The New ‘Old’ Codger

by Tom Tugend

August 2, 2001 | 8:00 pm

Older folks know how to have fun.

Older folks know how to have fun.

The trouble with old folks is that nowadays they no longer know their place.

Used to be that when an alert and productive chap of 64 turned 65, he was instantly transformed into an old codger, lovable, to be sure, but kind of eccentric and not all there upstairs, if you know what I mean.

His wife, the old lady, shooed him out of the kitchen and told him to play poker with the boys, or better yet, go fishing. (How a grown, or even senile, man can spend hours holding a rod and wait for a fish stupid enough to take the bait is beyond me.)

I don't know whether it's better diet, more exercise, or just to spite the next generation that has to pay for our Medicare, but people not only live longer but enjoy life more than even one or two generations ago.

To illustrate the point, let me crib from a scenario of mine in which a daughter calls her mother.

Daughter: Mom, Rosita just quit on me, Jack has to go to the office, and I have an important staff conference. Could you or dad take care of Jake and Hannah for a couple of hours?

Mom: We would just love to, but I have my hang-gliding competition, and dad has a meeting of his rappelling class.

Daughter: All right, I'll figure something out. Don't forget, though, that Jake has his birthday party next week.

Mom: Oh, dear, I feel awful, but we'll have to miss it. We're flying over to Oxford for a three-day course in British history, from the Norman invasion to Tony Blair, plus the complete works of William Shakespeare.

Okay, maybe I'm exaggerating a wee bit, but let me give you a for-instance.

We have a tennis foursome, and the youngest guy is 74. The oldest is 83, a Nobel Prize winner to boot -- and he's the sharpest of the lot. We're not yet quite ready for Wimbledon, but I fancy that we can give a pretty fair match to intermediary players half our ages.

Another thing is money, which pensioners, as the Brits call us, are supposed to have precious little of.

I may not be rich -- have you ever met a rich journalist? -- but with all three kids finally, finally out of graduate school and the mortgage paid up, I actually find myself with some change in my pocket.

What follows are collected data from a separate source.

//! The commands: one row per command in each table, and one file per command.
ghost use Rattle.std.specs.Prelude.{◌≡◌, IfErr, IfOk, OnOk, false, find, map, option_copied, true};
ghost use Rattle.std.specs.Str.{bytes_eq};
ghost use Rattle.aclck.specs.Run.{Runs};
ghost use Rattle.aclck.specs.Line.{ReadsValues, is_taken, rows_at, rows_in, texts};
ghost use Rattle.aclck.specs.internal.Held.{is_sound, term};
ghost use Rattle.aclck.specs.Task.{Answers, app_named, command_named, definition_of, shape_of, task_held, task_in, command_word};

pub mod bridge;
pub mod calc_mask;
pub mod check_nfs;
pub mod check_posix;
pub mod child;
pub mod chmod;
pub mod compare;
pub mod create;
pub mod encode;
pub mod mode;
pub mod normalize;
pub mod show_nfs;
pub mod show_posix;
pub mod table;
pub mod values;

use crate::answer::{Outcome, RunFault};
use crate::line::{Argument, LineFault, command_from, parse};
use crate::words::names::{self, names_in};
use crate::words::profile::{self, profile_in};
use acl_perm::{Profile, Sink, Source};
use acl_posix::Names;
use bridge::run_bridge;
use calc_mask::run_calc_mask;
use check_nfs::run_check_nfs;
use check_posix::run_check_posix;
use child::run_child;
use chmod::run_chmod;
use clap::ArgMatches;
use compare::run_compare;
use create::run_create;
use encode::run_encode;
use mode::run_mode;
use normalize::{run_normalize, run_normalize_inherit};
use show_nfs::run_show_nfs;
use show_posix::run_show_posix;
use std::alloc::Global;
use table::run_table;
use values::{CheckNfs, CheckPosix, Child, Chmod, Create, Normalize, RightTable, ShowPosix};

/// A command of the program, which the first word of a line names.
#[derive(Clone, Copy)]
pub enum Name {
    ShowPosix,
    CheckPosix,
    CalcMask,
    Chmod,
    Create,
    ShowNfs,
    Encode,
    CheckNfs,
    Child,
    Mode,
    Bridge,
    Table,
    Normalize,
    Compare,
}

const NAMES: [Name; 14] = [
    Name::ShowPosix,
    Name::CheckPosix,
    Name::CalcMask,
    Name::Chmod,
    Name::Create,
    Name::ShowNfs,
    Name::Encode,
    Name::CheckNfs,
    Name::Child,
    Name::Mode,
    Name::Bridge,
    Name::Table,
    Name::Normalize,
    Name::Compare,
];

impl Name {
    /// Returns the command that a word names, or `None` if there is no such command.
    pub(crate) fn of(word: &str) -> Option<Name>
        ensures { result ≡ command_named word.now }
    {
        find_name(&NAMES, word).copied()
    }

    /// Returns the values that the command takes from the words, whose first is its own name. Fails with `Usage` if it
    /// does not take the words, and with `Memory` if memory runs out.
    pub(crate) fn matches<'a>(
        self,
        alloc: Global,
        words: &'a [&'a str],
    ) -> Result<ArgMatches<'a>, LineFault>
        ensures ok { IfOk result (λ m. rows_in m
            ≡ rows_at (app_named self) (texts words.entry.now)) }
        ensures taken { OnOk result (is_taken (app_named self) (texts words.entry.now) ≡ true) }
        ensures usage { IfErr result (λ e. e ≡ LineFault.Usage
            → is_taken (app_named self) (texts words.entry.now) ≡ false) }
    {
        let command = command_from(alloc, self.word(), self.arguments())?;
        parse(command, words)
    }

    fn word<'a>(self) -> &'a str
        ensures { result.now ≡ command_word self }
    {
        match self {
            Name::ShowPosix => "show-posix",
            Name::CheckPosix => "check-posix",
            Name::CalcMask => "calc-mask",
            Name::Chmod => "chmod",
            Name::Create => "create",
            Name::ShowNfs => "show-nfs",
            Name::Encode => "encode",
            Name::CheckNfs => "check-nfs",
            Name::Child => "child",
            Name::Mode => "mode",
            Name::Bridge => "bridge",
            Name::Table => "table",
            Name::Normalize => "normalize",
            Name::Compare => "compare",
        }
    }

    // Returns the arguments of the command. At most one of them takes words that belong to no option.
    fn arguments(self) -> &'static [Argument]
        ensures terms { map term result.now ≡ (definition_of self).terms }
        ensures sound { is_sound (definition_of self).terms ≡ true }
    {
        match self {
            Name::ShowPosix => &show_posix::ARGUMENTS,
            Name::CheckPosix => &check_posix::ARGUMENTS,
            Name::CalcMask => &names::ARGUMENTS,
            Name::Chmod => &chmod::ARGUMENTS,
            Name::Create => &create::ARGUMENTS,
            Name::ShowNfs => &profile::ARGUMENTS,
            Name::Encode => &profile::ARGUMENTS,
            Name::CheckNfs => &check_nfs::ARGUMENTS,
            Name::Child => &child::ARGUMENTS,
            Name::Mode => &profile::ARGUMENTS,
            Name::Bridge => &names::ARGUMENTS,
            Name::Table => &table::ARGUMENTS,
            Name::Normalize => &normalize::ARGUMENTS,
            Name::Compare => &profile::ARGUMENTS,
        }
    }
}

// Returns the first of some commands that has this word.
fn find_name<'a>(names: &'a [Name], word: &str) -> Option<&'a Name>
    ensures { option_copied result ≡ find (λ n. bytes_eq (command_word n) word.now) names.now }
{
    names.iter().find(|name| name.word() == word)
}

/// A command with its values, ready to run.
#[derive(Drop)]
pub enum Task<'a> {
    ShowPosix(ShowPosix),
    CheckPosix(CheckPosix),
    CalcMask(Names),
    Chmod(Chmod),
    Create(Create),
    ShowNfs(Profile),
    Encode(Profile),
    CheckNfs(CheckNfs<'a>),
    Child(Child),
    Mode(Profile),
    Bridge(Names),
    Table(RightTable),
    Normalize(Normalize),
    Compare(Profile),
}

impl<'a> Task<'a> {
    /// Returns the command with its values. Fails with `Usage` if a value or a name is bad, and with `Memory` if memory
    /// runs out.
    pub(crate) fn read<'w: 'a>(
        alloc: Global,
        name: Name,
        matches: &ArgMatches<'w>,
        words: &'a [&'a [u8]],
    ) -> Result<Task<'a>, LineFault>
        ensures { ReadsValues task_held (task_in name (rows_in matches.now)
            (texts words.entry.now)) result }
    {
        match name {
            Name::ShowPosix => Ok(Task::ShowPosix(show_posix::read(alloc, matches)?)),
            Name::CheckPosix => Ok(Task::CheckPosix(check_posix::read(alloc, matches)?)),
            Name::CalcMask => Ok(Task::CalcMask(names_in(alloc, matches)?)),
            Name::Chmod => Ok(Task::Chmod(chmod::read(alloc, matches)?)),
            Name::Create => Ok(Task::Create(create::read(alloc, matches)?)),
            Name::ShowNfs => Ok(Task::ShowNfs(profile_in(matches)?)),
            Name::Encode => Ok(Task::Encode(profile_in(matches)?)),
            Name::CheckNfs => Ok(Task::CheckNfs(check_nfs::read(matches, words)?)),
            Name::Child => Ok(Task::Child(child::read(matches)?)),
            Name::Mode => Ok(Task::Mode(profile_in(matches)?)),
            Name::Bridge => Ok(Task::Bridge(names_in(alloc, matches)?)),
            Name::Table => Ok(Task::Table(table::read(matches)?)),
            Name::Normalize => Ok(Task::Normalize(normalize::read(matches)?)),
            Name::Compare => Ok(Task::Compare(profile_in(matches)?)),
        }
    }

    /// Reads the input, and writes the answer. A binary input that is refused is not always read to its end.
    #[tactic(auto, unfolding(crate::specs::Task::Answers))]
    pub fn run<S: Source, K: Sink>(
        &self,
        alloc: Global,
        source: &mut S,
        sink: &mut K,
    ) -> Result<Outcome, RunFault>
        ensures { Runs (Answers (task_held self.now)) (shape_of (task_held self.now))
            S.remaining S.failure_count source.old source.new
            K.contents K.failure_count sink.old sink.new result }
    {
        match self {
            Task::ShowPosix(v) => run_show_posix(alloc, source, sink, v.form, &v.names),
            Task::CheckPosix(v) => run_check_posix(
                alloc, source, sink, v.owner, v.group, v.user, &v.groups, v.want, &v.names,
            ),
            Task::CalcMask(names) => run_calc_mask(alloc, source, sink, names),
            Task::Chmod(v) => run_chmod(alloc, source, sink, v.mode, &v.names),
            Task::Create(v) => run_create(alloc, source, sink, v.mode, v.umask, v.dir, &v.names),
            Task::ShowNfs(profile) => run_show_nfs(alloc, source, sink, *profile),
            Task::Encode(profile) => run_encode(alloc, source, sink, *profile),
            Task::CheckNfs(v) => run_check_nfs(
                alloc,
                source,
                sink,
                &v.object,
                &v.requester,
                v.mask,
                v.profile,
            ),
            Task::Child(v) => run_child(alloc, source, sink, v.kind, v.profile),
            Task::Mode(profile) => run_mode(alloc, source, sink, *profile),
            Task::Bridge(names) => run_bridge(alloc, source, sink, names),
            Task::Table(v) => run_table(alloc, source, sink, v.bit, v.profile),
            Task::Normalize(v) if v.inherit => run_normalize_inherit(
                alloc, source, sink, v.profile,
            ),
            Task::Normalize(v) => run_normalize(alloc, source, sink, v.profile),
            Task::Compare(profile) => run_compare(alloc, source, sink, *profile),
        }
    }
}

I appreciate all those senior discounts, but to be honest, the time I needed them most was when we had three girls in college, constant dental bills, and the house to be paid off.

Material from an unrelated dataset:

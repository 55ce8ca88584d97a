//! Inputs: lists as XDR, which are read as they arrive, and files as POSIX texts.

pub(crate) mod posix;
pub(crate) mod xdr;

Another fading stereotype is of the doting grandparents who fulfill the grandkids' every whim. Not so. We enjoy our grandchildren, but we demand certain standards, and since we don't have to wrestle with them 16 hours a day, we have sufficient energy and patience to make our rulings stick.

We are abetted in our resolve of strictness because we grew up in the Dark Ages -- before "experts" taught that telling a kid to stop talking or turning off the TV set would inflict lifelong psychological scars.

One thing hasn't changed from generation to generation: Just as our parents knew better than we did how to raise our children, so we know better than our children how to raise their kids.

Tom and Rachel Tugend hone their grandparenting skills on four handsome boys, three lovely girls and counting.